====== Recorded information ======
//! The top call of the tool.
ghost use Rattle.std.specs.Prelude.{◌≡◌, ◌≢◌, ◌<◌, ◌⊎◌, Some, IsOk, IsErr, OnOk, IfOk, IfErr, IfSome, MatchResult};
ghost use Rattle.outside.specs.Causes.{Rose};
ghost use Rattle.outside.specs.Streams.{appended};
ghost use Rattle.commands.specs.Plan.{planned, texts_of};
ghost use Rattle.collector.specs.Lines.{IsStatus, words_line};
ghost use Rattle.collector.specs.Answer.{outcome, performed, answer, KeepsMeaning};
ghost use Rattle.collector.specs.Causes.{ReadFailedAt, WriteFailedAt, IsStop, IsNoFault, WordsCause, FaultCause};
ghost use Rattle.collector.specs.Delivery.{seen, put_files, Delivered, PartDelivered, LeftAtWrite, Unchanged, Untouched, NoneCounted, IsAnswered};
ghost use Rattle.collector.specs.FaultNames.{TookLine, FailedRead, FailedWrite};

use crate::{Stop, carry, tell};
use commands::plan;
use outside::{Files, Seeds, Sink};
use std::alloc::Global;

const DONE: u8 = 0;

// All but the line on the standard error.
fn carry_out<F: Files, O: Sink, M: Seeds>(
    alloc: Global,
    words: &[String],
    files: &mut F,
    out: &mut O,
    seeds: &mut M,
) -> Result<(), Stop>
    ensures done { OnOk result (IfSome (F.told files.old) (λ m.
        Delivered (outcome (texts_of words.now) m) m (F.told files.new) (O.taken out.old) (O.taken out.new))) }
    ensures kept { OnOk result (IfSome (F.told files.old) (λ m. IfOk (planned (texts_of words.now)) (λ plan. IfOk (performed plan m) (KeepsMeaning plan m)))) }
    ensures stopped { IfErr result (λ stop. IfSome (F.told files.old) (λ m. IsStop (outcome (texts_of words.now) m) stop)) }
    ensures words { MatchResult result (λ _. IsOk (planned (texts_of words.now))) (WordsCause (planned (texts_of words.now))) }
    ensures fault { IfErr result (FaultCause (planned (texts_of words.now)) (F.told files.old)
        (ReadFailedAt F.Files files.old files.new) (WriteFailedAt F.Files files.old files.new) (O.faults out.old) (O.faults out.new)) }
    ensures sound { F.sound files.old → O.sound out.old → F.sound files.new × O.sound out.new × IfErr result IsNoFault }
    ensures unchanged { IfErr result (λ stop. Unchanged stop (seen F.Files O.Sink files.old out.old) (seen F.Files O.Sink files.new out.new)) }
    ensures failed { IfErr result (λ stop. IfSome (F.told files.old) (λ m. LeftAtWrite (outcome (texts_of words.now) m) (seen F.Files O.Sink files.old out.old) (seen F.Files O.Sink files.new out.new) stop)) }
    ensures part { IfErr result (λ _. IfSome (F.told files.old) (λ m. PartDelivered (outcome (texts_of words.now) m) (seen F.Files O.Sink files.old out.old) (seen F.Files O.Sink files.new out.new))) }
{
    let plan = plan(alloc, words)?;
    carry(alloc, &plan, files, out, seeds)
}

/// Does what the command line says, and answers the status. It waits for nobody and always returns.
pub fn run_tool<F: Files, O: Sink, E: Sink, M: Seeds>(
    alloc: Global,
    words: &[String],
    files: &mut F,
    out: &mut O,
    err: &mut E,
    seeds: &mut M,
) -> u8
    // Where the files are told and the status is neither a fault's nor that of out of memory: the answer is given.
    ensures status { IsAnswered result → IfSome (F.told files.old) (λ m. result ≡ (answer (texts_of words.now) m).status) }
    ensures files { IsAnswered result → IfSome (F.told files.old) (λ m. F.told files.new ≡ put_files (answer (texts_of words.now) m).files (Some m)) }
    ensures out { IsAnswered result → IfSome (F.told files.old) (λ m. O.taken out.new ≡ appended (O.taken out.old) (answer (texts_of words.now) m).out) }
    ensures err { IsAnswered result → IfSome (F.told files.old) (λ m. TookLine E.Sink err.old err.new (answer (texts_of words.now) m).err) }
    // After 0 the output keeps what its command promises, and nothing is put on `err`.
    ensures rebuilt { result ≡ 0 → IfSome (F.told files.old) (λ m. IfOk (planned (texts_of words.now)) (λ plan. IfOk (performed plan m) (KeepsMeaning plan m))) }
    ensures silent { result ≡ 0 → E.taken err.new ≡ E.taken err.old }
    // Whatever the files tell, no other status is answered, and the command line is refused or accepted by itself.
    ensures statuses { IsStatus result }
    ensures words { result ≡ 1 → IsErr (planned (texts_of words.now)) }
    ensures refused_words { IsErr (planned (texts_of words.now)) → result ≢ 7 → result ≡ 1 }
    ensures words_line { result ≡ 1 → TookLine E.Sink err.old err.new (words_line (planned (texts_of words.now))) }
    // A fault is answered only where a count rose. What it names, and what it left:
    ensures read_fault { result ≡ 6 → Rose (F.read_faults files.old) (F.read_faults files.new) }
    ensures write_fault { result ≡ 8 → Rose (F.write_faults files.old) (F.write_faults files.new) ⊎ Rose (O.faults out.old) (O.faults out.new) }
    ensures failed_read { result ≡ 6 → FailedRead F.Files E.Sink (texts_of words.now) files.old files.new err.old err.new }
    ensures failed_write { result ≡ 8 → FailedWrite F.Files O.Sink E.Sink (texts_of words.now) files.old files.new out.old out.new err.old err.new }
    // What stays where nothing, or not all, was written.
    ensures unchanged { 0 < result → result < 7 → Untouched (seen F.Files O.Sink files.old out.old) (seen F.Files O.Sink files.new out.new) }
    ensures part { 6 < result → IfSome (F.told files.old) (λ m. PartDelivered (outcome (texts_of words.now) m) (seen F.Files O.Sink files.old out.old) (seen F.Files O.Sink files.new out.new)) }
    // Over files and an `out` that do not fail, no fault is answered.
    ensures sound { F.sound files.old → O.sound out.old → F.sound files.new × O.sound out.new × (result ≢ 6) × (result ≢ 8) }
    // With no fault counted, the answer is given, or memory ran out.
    ensures complete { NoneCounted F.Files O.Sink files.old files.new out.old out.new → result ≢ 7 → IfSome (F.told files.old) (λ m. result ≡ (answer (texts_of words.now) m).status) }
{
    match carry_out(alloc, words, files, out, seeds) {
        Ok(()) => DONE,
        Err(stop) => tell(alloc, &stop, err),
    }
}
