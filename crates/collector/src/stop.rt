//! Why a run ended without its output: the status, and the line on the standard error.
ghost use Rattle.std.specs.Prelude.{◌≡◌, ◌<◌, IfOk};
ghost use Rattle.collector.specs.Lines.{status_of, refusal_status, line_of, refusal_line, IsStatus};

use crate::lines::{file_line, limit_line, no_memory_line, read_line, words_line, write_line};
use commands::{WordReason, WordRefusal};
use dict_build::BuildFault;
use pb_wire::{NoMemory, Text};
use std::alloc::{AllocError, Global};
use thiserror::Error;

/// What the answer refuses. `line` is what the tool prints; the display is for logs.
#[derive(Debug, Drop, Error)]
pub enum ToolRefusal {
    /// The command line asks for nothing.
    #[error("word {place}: {reason:?}")]
    Words { place: u32, reason: WordReason },
    /// A file is missing, or it is no message; the text says why.
    #[error("{}: {}", .name.as_str(), .text.as_str())]
    File { name: Text, text: Text },
    /// The output would have this number of bytes, which is above its limit.
    #[error("output limit: {size} bytes")]
    Limit { size: u128 },
}

/// Why a run ended without its output. `line` is what the tool prints; the display is for logs.
#[derive(Debug, Drop, Error)]
pub enum Stop {
    /// The answer is a refusal.
    #[error("{0}")]
    Refused(ToolRefusal),
    /// A file could not be read.
    #[error("read failed: {}", .name.as_str())]
    Read { name: Text },
    /// A file, or the standard output, could not be written.
    #[error("write failed: {}", .name.as_str())]
    Write { name: Text },
    #[error("no memory")]
    NoMemory,
}

impl From<NoMemory> for Stop {
    ghost use Rattle.std.specs.Prelude.{◌≡◌};
    ghost use Rattle.collector.specs.declared.stop.Stop.TheVariants as stop;

    ghost from_gives = { λ _ s. s ≡ stop.NoMemory };

    fn from(_: NoMemory) -> Stop {
        Stop::NoMemory
    }
}

impl From<AllocError> for Stop {
    ghost use Rattle.std.specs.Prelude.{◌≡◌};
    ghost use Rattle.collector.specs.declared.stop.Stop.TheVariants as stop;

    ghost from_gives = { λ _ s. s ≡ stop.NoMemory };

    fn from(_: AllocError) -> Stop {
        Stop::NoMemory
    }
}

impl From<WordRefusal> for Stop {
    ghost use Rattle.std.specs.Prelude.{◌≡◌};
    ghost use Rattle.collector.specs.Lines.{stop_of_words};

    ghost from_gives = { λ r s. s ≡ stop_of_words r };

    fn from(refusal: WordRefusal) -> Stop {
        match refusal {
            WordRefusal::Fault { place, reason } => {
                Stop::Refused(ToolRefusal::Words { place, reason })
            }
            WordRefusal::NoMemory => Stop::NoMemory,
        }
    }
}

impl From<BuildFault> for Stop {
    ghost use Rattle.std.specs.Prelude.{◌≡◌};
    ghost use Rattle.collector.specs.Outputs.{stop_of_fault};

    ghost from_gives = { λ f s. s ≡ stop_of_fault f };

    fn from(fault: BuildFault) -> Stop {
        match fault {
            BuildFault::OutputLimit { size } => Stop::Refused(ToolRefusal::Limit {
                size: size as u128,
            }),
            BuildFault::NoMemory => Stop::NoMemory,
        }
    }
}

impl ToolRefusal {
    /// The status of a run that was refused so.
    pub fn status(&self) -> u8
        ensures { result ≡ refusal_status self.now }
    {
        match self {
            ToolRefusal::Words { .. } => 1,
            ToolRefusal::File { .. } => 2,
            ToolRefusal::Limit { .. } => 5,
        }
    }

    /// The line on the standard error.
    pub fn line(&self, alloc: Global) -> Result<Text, NoMemory>
        ensures { IfOk result (λ line. line ≡ refusal_line self.now) }
    {
        match self {
            ToolRefusal::Words { place, reason } => words_line(alloc, *place, *reason),
            ToolRefusal::File { name, text } => file_line(alloc, name.as_str(), text.as_str()),
            ToolRefusal::Limit { size } => limit_line(alloc, *size),
        }
    }
}

impl Stop {
    /// The status of a run that ended so.
    pub fn status(&self) -> u8
        ensures status { result ≡ status_of self.now }
        ensures listed { IsStatus result }
        ensures stopped { 0 < result }
    {
        match self {
            Stop::Refused(refusal) => refusal.status(),
            Stop::Read { .. } => 6,
            Stop::NoMemory => 7,
            Stop::Write { .. } => 8,
        }
    }

    /// The line on the standard error.
    pub fn line(&self, alloc: Global) -> Result<Text, NoMemory>
        ensures { IfOk result (λ line. line ≡ line_of self.now) }
    {
        match self {
            Stop::Refused(refusal) => refusal.line(alloc),
            Stop::Read { name } => read_line(alloc, name.as_str()),
            Stop::Write { name } => write_line(alloc, name.as_str()),
            Stop::NoMemory => no_memory_line(alloc),
        }
    }
}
======
## The task
Retype exactly the lines from the start of the entries through the one with "out.new × IfErr"; include both ends.

## Response area
//! The top call of the tool.
ghost use Rattle.std.specs.Prelude.{◌≡◌, ◌≢◌, ◌<◌, ◌⊎◌, Some, IsOk, IsErr, OnOk, IfOk, IfErr, IfSome, MatchResult};
ghost use Rattle.outside.specs.Causes.{Rose};
ghost use Rattle.outside.specs.Streams.{appended};
ghost use Rattle.commands.specs.Plan.{planned, texts_of};
ghost use Rattle.collector.specs.Lines.{IsStatus, words_line};
ghost use Rattle.collector.specs.Answer.{outcome, performed, answer, KeepsMeaning};
ghost use Rattle.collector.specs.Causes.{ReadFailedAt, WriteFailedAt, IsStop, IsNoFault, WordsCause, FaultCause};
ghost use Rattle.collector.specs.Delivery.{seen, put_files, Delivered, PartDelivered, LeftAtWrite, Unchanged, Untouched, NoneCounted, IsAnswered};
ghost use Rattle.collector.specs.FaultNames.{TookLine, FailedRead, FailedWrite};

use crate::{Stop, carry, tell};
use commands::plan;
use outside::{Files, Seeds, Sink};
use std::alloc::Global;

const DONE: u8 = 0;

// All but the line on the standard error.
fn carry_out<F: Files, O: Sink, M: Seeds>(
    alloc: Global,
    words: &[String],
    files: &mut F,
    out: &mut O,
    seeds: &mut M,
) -> Result<(), Stop>
    ensures done { OnOk result (IfSome (F.told files.old) (λ m.
        Delivered (outcome (texts_of words.now) m) m (F.told files.new) (O.taken out.old) (O.taken out.new))) }
    ensures kept { OnOk result (IfSome (F.told files.old) (λ m. IfOk (planned (texts_of words.now)) (λ plan. IfOk (performed plan m) (KeepsMeaning plan m)))) }
    ensures stopped { IfErr result (λ stop. IfSome (F.told files.old) (λ m. IsStop (outcome (texts_of words.now) m) stop)) }
    ensures words { MatchResult result (λ _. IsOk (planned (texts_of words.now))) (WordsCause (planned (texts_of words.now))) }
    ensures fault { IfErr result (FaultCause (planned (texts_of words.now)) (F.told files.old)
        (ReadFailedAt F.Files files.old files.new) (WriteFailedAt F.Files files.old files.new) (O.faults out.old) (O.faults out.new)) }
    ensures sound { F.sound files.old → O.sound out.old → F.sound files.new × O.sound out.new × IfErr result IsNoFault }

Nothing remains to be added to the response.